Does the Bundeswehr still use the MG3?
Despite several attempts to replace it, the MG3 remains in service with the Bundeswehr. In 2005 the Bundeswehr selected the 5.56-by-45-millimeter MG4 light machine gun.
Does Germany still use the MG42?
It is the primary general-purpose machine gun of the modern German armed forces (Bundeswehr). A number of other (NATO) armies around the world have adopted the MG3, and it remains in widespread service today.
What is replacing the MG3?
The MG5 will replace the MG3 as a medium machine gun. The fully automatic weapon enables short and long bursts of fire with a range of up to 1,000 meters.
Whats the difference between the MG3 and MG42?
The primary difference between the two weapons is caliber. The MG-42 is chambered in the standard WW2-era German cartridge, 7.92mm Mauser. The MG-3, however, has been rechambered to fire 7.62mm NATO.
What is the future of the MG3 machine gun in Germany?
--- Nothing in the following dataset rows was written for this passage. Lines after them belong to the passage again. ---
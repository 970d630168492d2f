//! A file with one place for each page: page `p` has the 4,096 bytes from `4096 * p` on.
//!
//! Promise: a page whose magic, number or sum is wrong can't be told, but in a file that is going to be written anew,
//! where it has zeros until the first sync. What lies past the end has zeros.
ghost use Rattle.std.specs.Prelude.{◌≡◌, ◌⊎◌, ◌+◌, ◌*◌, ◌^◌, ◌<◌, ◌≤◌, ℕ, IfOk, IsFalse, IsTrue, OnErr, OnOk, length};
ghost use Rattle.std.specs.Prelude.{take};
ghost use Rattle.nofs_disk.specs.Disk.{Rose};
ghost use Rattle.nofs_filedisk.specs.Bytes.{IsPartlyPut, IsPut, KeepsBytes, KeepsDurable};
ghost use Rattle.nofs_pages.specs.Pages.{HasAreas, HasPages, HasTold};
ghost use Rattle.nofs_pages.specs.Singles.{HasRead, SingleRests, SingleTold};

use crate::page::{PAGE_BYTES, open_pages, seal_pages};
use crate::row::zeros;
use crate::store::PageStore;
use nofs_disk::Failed;
use nofs_filedisk::{Positioned, read_part, write_part};
use std::alloc::{AllocError, Global};

/// How many bytes 32 pages have: so many a call of the file reads or writes at most.
const ROW_BYTES: usize = 131_072;

/// A file with one place for each page.
#[derive(Drop)]
pub struct Single<B: Positioned + Drop> {
    file: B,
    // Whether the file is going to be written anew: until its first sync a page that can't be told has zeros.
    fresh: bool,
    // Where pages are made, and read.
    pages: Vec<u8>,
    ghost size: { length pages.items ≡ 131072 },
}

// Reads some pages.
fn read_pages<B: Positioned>(
    file: &mut B,
    first: u64,
    count: usize,
    into: &mut Vec<u8>,
) -> Result<(), Failed>
    requires place { first + count ≤ 349526 }
    requires size { 4096 * count ≤ length into.old.items }
    ensures keeps { KeepsBytes (B.state file.old) (B.state file.new) }
    ensures len { length into.new.items ≡ length into.old.items }
    ensures part { OnOk result (IsTrue (B.state file.old).tells
        → HasRead (B.state file.old).bytes first count into.new.items) }
    ensures cause { OnErr result (Rose (B.state file.old).faults (B.state file.new).faults) }
    ensures no_fault { OnOk result ((B.state file.new).faults ≡ (B.state file.old).faults) }
{
    let end = PAGE_BYTES * count;
    read_part(
        file,
        PAGE_BYTES as u64 * first,
        &mut into.as_mut_slice()[0..end],
    )
}

// Writes some pages.
fn write_pages<B: Positioned>(
    file: &mut B,
    first: u64,
    count: usize,
    pages: &[u8],
) -> Result<(), Failed>
    requires place { first + count ≤ 349526 }
    requires size { 4096 * count ≤ length pages.now }
    ensures keeps { KeepsDurable (B.state file.old) (B.state file.new) }
    ensures put { OnOk result (IsTrue (B.state file.old).tells
        → IsPut (4096 * first) (take (4096 * count) pages.now) (B.state file.old).bytes (B.state file.new).bytes) }
    ensures err { OnErr result (IsTrue (B.state file.old).tells
        → IsPartlyPut (4096 * first) (take (4096 * count) pages.now)
        (B.state file.old).bytes (B.state file.new).bytes) }
    ensures cause { OnErr result (Rose (B.state file.old).faults (B.state file.new).faults) }
    ensures no_fault { OnOk result ((B.state file.new).faults ≡ (B.state file.old).faults) }
{
    write_part(
        file,
        PAGE_BYTES as u64 * first,
        &pages[..PAGE_BYTES * count],
    )
}

// The cells of some pages that were read, from a place on.
fn open_row(
    pages: &Vec<u8>,
    first: u64,
    count: usize,
    fresh: bool,
    into: &mut [u8],
    to: usize,
) -> bool
    requires pages { 4096 * count ≤ length pages.now.items }
    requires into { to + 3168 * count ≤ length into.old }
    requires number { first + count < 2 ^ 60 }
    ensures len { length into.new ≡ length into.old }
    ensures areas { IsTrue result → HasAreas pages.now.items first count to into.old into.new }
    ensures told { IsTrue result → IsFalse fresh → HasTold pages.now.items first count }
{
    open_pages(pages.as_slice(), first, count, fresh, into, to)
}

// Makes some pages.
fn seal_row(areas: &[u8], first: u64, count: usize, pages: &mut Vec<u8>)
    requires areas { 3168 * count ≤ length areas.now }
    requires pages { 4096 * count ≤ length pages.old.items }
    requires number { first + count < 2 ^ 60 }
    ensures len { length pages.new.items ≡ length pages.old.items }
    ensures pages { HasPages areas.now first count pages.new.items }
{
    seal_pages(areas, first, count, pages.as_mut_slice());
}

impl<B: Positioned + Drop> Single<B> {
    /// The pages of a file, which nothing else writes from now on. All memory is taken here. `fresh` says that it is
    /// going to be written anew, whatever is in it.
    pub fn over(alloc: Global, file: B, fresh: bool) -> Result<Single<B>, AllocError>
        requires { (p : ℕ) → SingleRests (B.state file) p }
        ensures file { IfOk result (λ single. single.file ≡ file) }
        ensures fresh { IfOk result (λ single. single.fresh ≡ fresh) }
        ensures rests { IfOk result (λ single. (p : ℕ) → (⟦<Single<B> as PageStore>⟧.rests single p)) }
    {
        Ok(Single {
            file,
            fresh,
            pages: zeros(alloc, ROW_BYTES)?,
        })
    }

    /// The file.
    pub fn into_file(self) -> B
        ensures { result ≡ self.file }
    {
        self.file
    }
}

impl<B: Positioned + Drop> PageStore for Single<B> {
    ghost use Rattle.nofs_pages.specs.Laws.{single_is};
    ghost use Rattle.nofs_pages.specs.Singles.{SingleRests, SingleTold, WritesPages, single_state};
    ghost use Rattle.nofs_pages.specs.Stores.{Puts, SyncsPages};

    ghost state = { λ s. single_state (B.state s.file) };

    ghost rests = { λ s p. SingleRests (B.state s.file) p };

    ghost told = { λ s p. SingleTold (B.state s.file) s.fresh p };

    fn show(
        &mut self,
        first: u64,
        count: usize,
        into: &mut [u8],
        to: usize,
    ) -> Result<bool, Failed> {
        read_pages(&mut self.file, first, count, &mut self.pages)?;
        let fresh = self.fresh;
        Ok(open_row(&self.pages, first, count, fresh, into, to))
    }

    /// What was durable stays so. Each byte of these pages is what it was, which is durable, or that of the page that
    /// is put.
    fn put(&mut self, first: u64, count: usize, areas: &[u8]) -> Result<(), Failed>
        requires place { first + count ≤ 349526 }
        requires count { count ≤ 32 }
        requires areas { 3168 * count ≤ length areas.now }
        requires rests { (p : ℕ) → first ≤ p → p < first + count → ∥ SingleRests (B.state self.old.file) p ∥₁ }
        ensures puts { Puts (single_state (B.state self.old.file)) (single_state (B.state self.new.file)) first count
            areas.now result }
        ensures rests { (p : ℕ) → (p < first) ⊎ (first + count ≤ p)
            → SingleRests (B.state self.old.file) p → SingleRests (B.state self.new.file) p }
        ensures durable { (B.state self.new.file).durable ≡ (B.state self.old.file).durable }
        ensures writes { IsTrue (B.state self.old.file).tells
            → WritesPages (B.state self.old.file).bytes (B.state self.new.file).bytes first count areas.now }
    {
        seal_row(areas, first, count, &mut self.pages);
        write_pages(&mut self.file, first, count, self.pages.as_slice())
    }

    /// After one that succeeded the file isn't fresh.
    fn sync(&mut self) -> Result<(), Failed>
        ensures syncs { SyncsPages (single_state (B.state self.old.file))
            (single_state (B.state self.new.file)) result }
        ensures rests { OnOk result ((p : ℕ) → SingleRests (B.state self.new.file) p) }
        ensures told { OnOk result (IsFalse self.new.fresh) }
    {
        self.file.sync()?;
        self.fresh = false;
        Ok(())
    }

    ghost is_store = { λ s. single_is (B.state s.file) (B.is_file s.file) };
}
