//! What the entries of a move promise of a crash, wherever they stand in a history.
//!
//! Promise: the replies to the steps of the command, and what other callers did to its two names, are all
//! that has to be known of a history for this.
ghost use Rattle.nofs_crashlaw.specs.Paths.Moves.{LawAlone, LawMove, LawMoved};
ghost use Rattle.nofs_move.specs.Laws.{LawIsMove, LawNamesLeft, LawNewName, LawOneName};

/// A file that is looked up, flushed, linked under a new name, flushed again and dropped under its old
/// name, while other entries leave these two names: from the end of the first flush each image has one
/// of the names, and from the end of the second the new one. Where no other entry comes between, it is
/// enough that its steps were accepted. A base is what a mount leaves (`nofs_crashlaw::law_base`).
pub fn law_move()
    ensures either { LawMove }
    ensures moved { LawMoved }
    ensures alone { LawAlone }
{}

/// Over a base that a mount leaves, whatever else the history holds: where no other entry changes the entry
/// that Look found, until Drop, or from Link on the new one, the entries of the run are a durable move. So
/// from the end of its first flush on every image that a crash may leave has the file under one of the two
/// names; and where Drop came, from the end of the second flush on under the new one. It is enough that no
/// other step renames or drops one of these two names: whatever else the other callers do leaves them.
pub fn law_move_run()
    ensures is_move { LawIsMove }
    ensures either { LawOneName }
    ensures moved { LawNewName }
    ensures left { LawNamesLeft }
{}
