//! A session of users at a mount, and a scan: what each leaves in the history.
pub(crate) mod counts;
pub(crate) mod serve;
The HK121 is being adopted as the future Bundeswehr machine gun, but it will be a very long time before budgets allow enough to be procured to retire the 10,000s (100,000?) MG3 machine guns in service. Enter the MG3KWS (“Kampfwertsteigerung” or “Combat Improvements”), an upgraded version of the MG3 being developed by Rheinmetall and Tactics Group.
What kind of gun is an MG 3?
The MG 3 is a German general-purpose machine gun chambered for the 7.62×51mm NATO cartridge. The weapon’s design is derived from the World War II era MG 42 Einheitsmaschinengewehr (Universal machine gun) that fired the 7.92×57mm Mauser round.
What does MG3 stand for?
Not to be confused with MG 3 (car). The MG 3 is a German general-purpose machine gun chambered for the 7.62×51mm NATO cartridge. The weapon’s design is derived from the World War II era MG 42 Einheitsmaschinengewehr (Universal machine gun) that fired the 7.92×57mm Mauser round.
What is the difference between the Mg2 and MG3?
It proved to be more economical to re-purpose old MG42 rifles, and just re-chamber them in 7.62 NATO. By 1958, these re-purposed rifles were designated as the MG2, and by 1959, Rheinmetall began new production of the 7.62 NATO machine guns, designated as the MG3.